I suppose it’s an exercise in saying the Serenity Prayer: trying to identify the things I can’t change, the things I can, and asking God for a little assistance in telling them apart. In her book, “The Wisdom to Know the Difference,” Eileen Flanagan writes about how we can better live the Serenity Prayer … or navigate more gracefully through the thorny territory between our diagnoses and our opportunities. Much of it, she says, comes from accepting ourselves: with our cotton mouths and extra pounds, with our hypersensitivity to noise and stimulation, with our low threshold for stress. She writes:
Accepting life’s flat tires seems to be easier for people who have accepted themselves.
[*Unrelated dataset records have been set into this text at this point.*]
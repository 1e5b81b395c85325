//! The lines of a proof's text: what each item is spelled as, and which item a line spells.
//!
//! A line is words joined by one blank: a name, then the parts of the item. Each item that can be spelled has one line, and
//! no line is that of two items.
#![tactic(auto)]

mod choices;
mod fields;
mod forms;
mod head;
mod items;
mod laws;
mod lines;
mod lists;
mod nodes;
mod numbers;
mod positions;
mod push;
mod rows;
mod steps;
mod words;

pub use items::read_item;
pub use laws::lines_spell_one_item;
pub use lines::{
    push_choice, push_item, push_left, push_point, push_residue, push_right, push_row, push_split,
    push_step,
};
pub use numbers::cut;
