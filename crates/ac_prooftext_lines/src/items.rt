//! Lines and the items that they spell.
ghost use Rattle.std.specs.Prelude.{◌≡◌, IfOk};
ghost use Rattle.ac_prooftext_lines.specs.ItemReaders.{Reads};
ghost use Rattle.ac_prooftext_lines.specs.Spellable.{IsSpellable};
ghost use Rattle.ac_prooftext_lines.specs.Spelling.{item_words, spelled};

use crate::choices::read_choice;
use crate::head::read_head;
use crate::nodes::read_node;
use crate::rows::read_row;
use crate::steps::read_step;
use crate::words::Words;
use ac_claims::item::Item;
use std::alloc::{AllocError, Global};

/// The item that words spell.
fn read_words(alloc: Global, words: &Words<'_>) -> Result<Option<Item>, AllocError>
    ensures { IfOk result (λ found. Reads IsSpellable item_words words.now found) }
{
    if let Some(step) = read_step(alloc, words)? {
        return Ok(Some(Item::Step(step)));
    }
    if let Some(node) = read_node(alloc, words)? {
        return Ok(Some(node));
    }
    if let Some(row) = read_row(alloc, words)? {
        return Ok(Some(Item::Row(row)));
    }
    if let Some(choice) = read_choice(words) {
        return Ok(Some(Item::Choice(choice)));
    }
    read_head(alloc, words)
}

/// The item that a line spells, without the LF at its end; none exactly where it spells none.
///
/// The item can be spelled (`IsSpellable`): its numbers fit their types, an `Add` has a row, a `Div` row and a `Residue`
/// have a modulus of at least 1, and the last coefficient of a form is not 0. A form takes room for all columns up to its last.
pub fn read_item(alloc: Global, line: &[u8]) -> Result<Option<Item>, AllocError>
    ensures { IfOk result (λ found. Reads IsSpellable spelled line.now found) }
{
    let words = Words::new(line);
    read_words(alloc, &words)
}
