//! Words that are numbers, pairs of numbers and the like, one after the other.
ghost use Rattle.std.specs.Prelude.{◌≡◌, ◌<◌, ℕ, ℤ, List, map, length, IfOk};
ghost use Rattle.std.specs.List.{AllByRecursion};
ghost use Rattle.std.specs.Fmt.{signed_decimal};
ghost use Rattle.ac_forms.specs.Fits.{Fits};
ghost use Rattle.ac_prooftext_lines.specs.ItemReaders.{Reads};
ghost use Rattle.ac_prooftext_lines.specs.Spellable.{IsIndexed, AreIndices};
ghost use Rattle.ac_prooftext_lines.specs.Spelling.{pair_word, dotted_word};

use crate::numbers::{dotted, indexed, integer};
use crate::words::Words;
use ac_base::Items;
use std::alloc::{AllocError, Global};

/// Integers.
pub fn integers(alloc: Global, words: &Words<'_>) -> Result<Option<Items<i128>>, AllocError>
    ensures { IfOk result (λ found. Reads (AllByRecursion Fits) (map signed_decimal) words.now found) }
{
    let mut words = words.again();
    let mut numbers = Items::new(alloc);
    while let Some(word) = words.next() {
        let Some(number) = integer(word) else {
            return Ok(None);
        };
        numbers.push(number)?;
    }
    Ok(Some(numbers))
}

/// Numbers with an integer each, as `r:l`.
pub fn multiples(
    alloc: Global,
    words: &Words<'_>,
) -> Result<Option<Items<(usize, i128)>>, AllocError>
    ensures { IfOk result (λ found. Reads (AllByRecursion IsIndexed) (map pair_word) words.now found) }
{
    let mut words = words.again();
    let mut pairs = Items::new(alloc);
    while let Some(word) = words.next() {
        let Some(pair) = indexed(word) else {
            return Ok(None);
        };
        pairs.push(pair)?;
    }
    Ok(Some(pairs))
}

/// Pairs of numbers, as `k.q`.
pub fn shapes(alloc: Global, words: &Words<'_>) -> Result<Option<Items<(u64, u64)>>, AllocError>
    ensures { IfOk result (λ found. Reads (AllByRecursion AreIndices) (map dotted_word) words.now found) }
{
    let mut words = words.again();
    let mut pairs = Items::new(alloc);
    while let Some(word) = words.next() {
        let Some((first, second)) = dotted(word) else {
            return Ok(None);
        };
        pairs.push((first as u64, second as u64))?;
    }
    Ok(Some(pairs))
}
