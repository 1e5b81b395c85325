//! The items outside of plans and claims.
ghost use Rattle.std.specs.Prelude.{◌≡◌, ◌∷◌, [], codes, decimal, ℕ, List, IfOk, MatchOption};
ghost use Rattle.ac_syntax.specs.declared.tree.Position.{Position};
ghost use Rattle.ac_prooftext_lines.specs.ItemReaders.{Reads, IsSpellableHead};
ghost use Rattle.ac_prooftext_lines.specs.Spellable.{IsIndex, IsSpellablePosition};
ghost use Rattle.ac_prooftext_lines.specs.Spelling.{item_words, position_word};

use crate::fields::{one_natural, three_naturals, two_naturals};
use crate::lists::{integers, shapes};
use crate::positions::read_position;
use crate::words::{Words, is};
use ac_claims::item::Item;
use ac_syntax::tree::Position;
use std::alloc::{AllocError, Global};

fn point_item(alloc: Global, words: &Words<'_>) -> Result<Option<Item>, AllocError>
    ensures { IfOk result (λ found. Reads IsSpellableHead item_words (codes "point" ∷ words.now) found) }
{
    let Some(values) = integers(alloc, words)? else {
        return Ok(None);
    };
    Ok(Some(Item::Point(values)))
}

fn left_item(alloc: Global, words: &Words<'_>) -> Result<Option<Item>, AllocError>
    ensures { IfOk result (λ found. Reads IsSpellableHead item_words (codes "left" ∷ words.now) found) }
{
    let Some(pairs) = shapes(alloc, words)? else {
        return Ok(None);
    };
    Ok(Some(Item::Left(pairs)))
}

fn right_item(alloc: Global, words: &Words<'_>) -> Result<Option<Item>, AllocError>
    ensures { IfOk result (λ found. Reads IsSpellableHead item_words (codes "right" ∷ words.now) found) }
{
    let Some(pairs) = shapes(alloc, words)? else {
        return Ok(None);
    };
    Ok(Some(Item::Right(pairs)))
}

fn claims_item(words: &Words<'_>) -> Option<Item>
    ensures { Reads IsSpellableHead item_words (codes "claims" ∷ words.now) result }
{
    let Some(claims) = one_natural(words) else {
        return None;
    };
    Some(Item::Claims(claims))
}

/// The position that the next word spells, which is passed.
fn next_position(words: &mut Words<'_>) -> Option<Position>
    ensures { MatchOption result ((P : Position) (rest : List (List ℕ)) → IsSpellablePosition P → ¬ (words.old ≡ position_word P ∷ rest)) (λ P. IsSpellablePosition P × (words.old ≡ position_word P ∷ words.new)) }
{
    let Some(word) = words.next() else {
        return None;
    };
    read_position(word)
}

/// Two positions and a number.
fn positions_natural(words: &Words<'_>) -> Option<(Position, Position, usize)>
    ensures { Reads (λ (p : Position × Position × ℕ). IsSpellablePosition p.0 × IsSpellablePosition p.1 × IsIndex p.2) (λ p. position_word p.0 ∷ position_word p.1 ∷ decimal p.2 ∷ []) words.now result }
{
    let mut words = words.again();
    let Some(left) = next_position(&mut words) else {
        return None;
    };
    let Some(right) = next_position(&mut words) else {
        return None;
    };
    let Some(rows) = words.last_natural() else {
        return None;
    };
    Some((left, right, rows))
}

fn claim_item(words: &Words<'_>) -> Option<Item>
    ensures { Reads IsSpellableHead item_words (codes "claim" ∷ words.now) result }
{
    let Some((left, right, rows)) = positions_natural(words) else {
        return None;
    };
    Some(Item::Claim { left, right, rows })
}

fn output_item(words: &Words<'_>) -> Option<Item>
    ensures { Reads IsSpellableHead item_words (codes "output" ∷ words.now) result }
{
    let Some((array, claim)) = two_naturals(words) else {
        return None;
    };
    Some(Item::Output { array, claim })
}

fn tree_item(words: &Words<'_>) -> Option<Item>
    ensures { Reads IsSpellableHead item_words (codes "tree" ∷ words.now) result }
{
    let Some((claim, left_piece, right_piece)) = three_naturals(words) else {
        return None;
    };
    Some(Item::Tree {
        claim,
        left_piece,
        right_piece,
    })
}

fn end_item(words: &Words<'_>) -> Option<Item>
    ensures { Reads IsSpellableHead item_words (codes "end" ∷ words.now) result }
{
    if words.is_done() {
        Some(Item::End)
    } else {
        None
    }
}

/// The item outside of plans and claims that words spell.
pub fn read_head(alloc: Global, words: &Words<'_>) -> Result<Option<Item>, AllocError>
    ensures { IfOk result (λ found. Reads IsSpellableHead item_words words.now found) }
{
    let mut words = words.again();
    let Some(name) = words.next() else {
        return Ok(None);
    };
    if is(name, b"point") {
        return point_item(alloc, &words);
    }
    if is(name, b"left") {
        return left_item(alloc, &words);
    }
    if is(name, b"right") {
        return right_item(alloc, &words);
    }
    if is(name, b"claims") {
        return Ok(claims_item(&words));
    }
    if is(name, b"claim") {
        return Ok(claim_item(&words));
    }
    if is(name, b"output") {
        return Ok(output_item(&words));
    }
    if is(name, b"tree") {
        return Ok(tree_item(&words));
    }
    if is(name, b"end") {
        return Ok(end_item(&words));
    }
    Ok(None)
}
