//! Numbers as words: decimal digits without leading zeros, a minus in front of a negative one.
ghost use Rattle.std.specs.Prelude.{◌≡◌, ◌<◌, ◌^◌, ◌∷◌, ◌++◌, ℕ, suc, ℤ, pos, negsuc, List, decimal, MatchOption};
ghost use Rattle.std.specs.Fmt.{signed_decimal};
ghost use Rattle.ac_forms.specs.Fits.{Fits};
ghost use Rattle.ac_prooftext_lines.specs.ItemReaders.{Reads};
ghost use Rattle.ac_prooftext_lines.specs.Spellable.{IsIndexed, AreIndices};
ghost use Rattle.ac_prooftext_lines.specs.Spelling.{pair_word, dotted_word};
ghost use Rattle.ac_prooftext_lines.specs.LineWords.{IsFree};

use itoa::Buffer;

/// The number that a text spells.
fn canonical(text: &str) -> Option<u128>
    ensures { MatchOption result ((n : ℕ) → n < 2 ^ 128 → ¬ (text.now ≡ decimal n)) (λ n. text.now ≡ decimal n) }
{
    let Ok(value) = text.parse::<u128>() else {
        return None;
    };
    let mut buffer = Buffer::new();
    if buffer.format(value) == text {
        Some(value)
    } else {
        None
    }
}

/// The number that a word spells.
fn magnitude(word: &[u8]) -> Option<u128>
    ensures { MatchOption result ((n : ℕ) → n < 2 ^ 128 → ¬ (word.now ≡ decimal n)) (λ n. word.now ≡ decimal n) }
{
    match str::from_utf8(word) {
        Ok(text) => canonical(text),
        Err(_) => None,
    }
}

/// The number of 64 bits that a word spells.
pub fn natural(word: &[u8]) -> Option<usize>
    ensures { MatchOption result ((n : ℕ) → n < 2 ^ 64 → ¬ (word.now ≡ decimal n)) (λ n. word.now ≡ decimal n) }
{
    let Some(value) = magnitude(word) else {
        return None;
    };
    if value <= usize::MAX as u128 {
        Some(value as usize)
    } else {
        None
    }
}

/// The negative integer whose absolute value a word spells.
fn negative(digits: &[u8]) -> Option<i128>
    ensures { MatchOption result ((n : ℕ) → Fits (negsuc n) → ¬ (digits.now ≡ decimal (suc n))) (λ z. 45 ∷ digits.now ≡ signed_decimal z) }
{
    let Some(value) = magnitude(digits) else {
        return None;
    };
    if value == 0 || value > i128::MAX as u128 + 1 {
        return None;
    }
    Some(-1 - (value - 1) as i128)
}

/// The integer that a word without a minus spells.
fn positive(digits: &[u8]) -> Option<i128>
    ensures { MatchOption result ((n : ℕ) → Fits (pos n) → ¬ (digits.now ≡ decimal n)) (λ z. digits.now ≡ signed_decimal z) }
{
    let Some(value) = magnitude(digits) else {
        return None;
    };
    if value <= i128::MAX as u128 {
        Some(value as i128)
    } else {
        None
    }
}

/// What stands before and behind the first byte that is this one.
pub fn cut(text: &[u8], mark: u8) -> Option<(&[u8], &[u8])>
    ensures { MatchOption result (IsFree mark text.now) (λ parts. IsFree mark parts.0.now × (text.now ≡ parts.0.now ++ mark ∷ parts.1.now)) }
{
    for at in 0..text.len() {
        if text[at] == mark {
            return Some((&text[..at], &text[at + 1..]));
        }
    }
    None
}

/// What stands behind the first byte, where that is this one.
pub fn behind(text: &[u8], mark: u8) -> Option<&[u8]>
    ensures { MatchOption result ((rest : List ℕ) → ¬ (text.now ≡ mark ∷ rest)) (λ rest. text.now ≡ mark ∷ rest.now) }
{
    let Some((first, rest)) = text.split_first() else {
        return None;
    };
    if *first == mark { Some(rest) } else { None }
}

/// The integer of 128 bits that a word spells.
pub fn integer(word: &[u8]) -> Option<i128>
    ensures { MatchOption result ((z : ℤ) → Fits z → ¬ (word.now ≡ signed_decimal z)) (λ z. word.now ≡ signed_decimal z) }
{
    match behind(word, b'-') {
        Some(digits) => negative(digits),
        None => positive(word),
    }
}

/// A number and an integer of 128 bits, as `r:l`.
pub fn indexed(word: &[u8]) -> Option<(usize, i128)>
    ensures { Reads IsIndexed pair_word word.now result }
{
    let Some((before, after)) = cut(word, b':') else {
        return None;
    };
    let Some(index) = natural(before) else {
        return None;
    };
    let Some(number) = integer(after) else {
        return None;
    };
    Some((index, number))
}

/// Two numbers, as `k.q`.
pub fn dotted(word: &[u8]) -> Option<(usize, usize)>
    ensures { Reads AreIndices dotted_word word.now result }
{
    let Some((before, after)) = cut(word, b'.') else {
        return None;
    };
    let Some(first) = natural(before) else {
        return None;
    };
    let Some(second) = natural(after) else {
        return None;
    };
    Some((first, second))
}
If you know who you are, what you are capable of, and what you are called to do, you are much less likely to waste your time and energy sweating the small stuff or even the big stuff you cannot change. You are less likely to project your uncomfortable feelings onto other people, instead of facing your feelings and learning what they have to teach you. You are less likely to waste time trying to change other people and more likely to influence them with a positive example.
I’d like to think she’s right … that the more we accept ourselves with our limitations, the more freedom we feel in living as individuals, not merely as bipolars, diabetics, or cancer victims, and the better we can distinguish the things that we can’t change from the things that we can.
Here’s to trying anyway.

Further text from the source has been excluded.